八月初,織田信長任命柴田勝家為越後征討軍總大將,調集北近江、越前、加賀之兵馬35000歸其指揮,並另外命我和羽柴秀吉率軍參戰,自備糧草但歸其節製。
八月中我開始率軍12000北上,並於月底進入越前境內,向這次的聚集地越前北之莊城進發。
我這次除了直轄人馬外,隻征調了根來500鐵炮眾和丹波赤井直正2000足輕。這兩支部隊的戰鬥力多少還強些,應該不會有太大的影響。如果附庸征的太多,不止是糧草耗費巨大還要擔心他們在關鍵的時刻崩潰,與上杉謙信作戰並非沒有這種可能。
“你說我們這次和上杉謙信作戰,取勝的機會大不大?”我騎在“黃金”上對蒲生氏鄉問到。
要說明一下,這已經不是第一匹“黃金”,那匹馬因為上了年紀已經光榮退役了。現在這匹是在山城桂川口城牧場精選的第一代“黃金”的後代,因為模樣近似所以還叫這個名字。
“要想贏……只怕會很困難!”蒲生氏鄉同樣也避免了“失敗”這個字眼,此次出征竹中半兵衛鎮國,而由他擔任前敵軍師的職務。
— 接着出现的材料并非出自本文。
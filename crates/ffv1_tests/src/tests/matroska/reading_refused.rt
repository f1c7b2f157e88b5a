//! Reads that fail, and memory that is refused.

use super::reading::frames_of;
use super::written_example::EXAMPLE;
use ffv1_doubles::{FailingReader, Scarce};
use ffv1_reads::FileFault;
use ffv1_wire::FromRead;
use std::alloc::Global;
use std::io::ErrorKind;

/// How many frames the smallest file gives if a read fails after so many, and the fault.
fn failing(alloc: Global, before: usize) -> (u32, Option<FileFault>) {
    let mut input = FromRead::new(FailingReader::new(&EXAMPLE, before, 40, ErrorKind::Other));
    frames_of(alloc, &mut input)
}

/// A read that fails is the fault, whenever it comes.
#[test]
fn failing_reads(rt: HostRuntime) {
    let mut frames = 0u32;
    let mut faults = 0u32;
    for before in 0..60usize {
        let (count, fault) = failing(rt.alloc(), before);
        if fault == Some(FileFault::Read) {
            faults = faults.saturating_add(1);
            frames = frames.saturating_add(count);
        } else {
            assert!(rt; (count, fault) == (1, None));
        }
    }
    assert!(rt; 20 < faults && faults < 60);
    assert!(rt; 1 <= frames && frames < 12);
}

/// The same if the request of memory after so many others is refused.
fn scarce(alloc: Global, before: u64) -> (u32, Option<FileFault>) {
    let heap = Scarce::new(alloc, before);
    let mut input = FromRead::new(EXAMPLE.as_slice());
    frames_of(&heap, &mut input)
}

/// Each request is refused in its turn: for the header of EBML, for Tracks, for the record, for the
/// last byte of Tracks, and for the frame.
#[test]
fn refused_memory(rt: HostRuntime) {
    for before in 0..5u64 {
        assert!(rt; scarce(rt.alloc(), before) == (0, Some(FileFault::OutOfMemory)));
    }
    for before in 5..8u64 {
        assert!(rt; scarce(rt.alloc(), before) == (1, None));
    }
}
“……越後軍勢之強自不待言,而且此刻他們只怕早已有了充足的準備。照目前的情況來分析,戰場應該是在越中到加賀一線,而這恰恰是一塊我們誰都不熟悉的地方。據屬下所知,這裡地形複雜多變,地圖上的東西未必精確全面。雖說我們的忍者力量相當之強,但處處要靠忍者領路的將領,恐怕也就難有很大作為了!”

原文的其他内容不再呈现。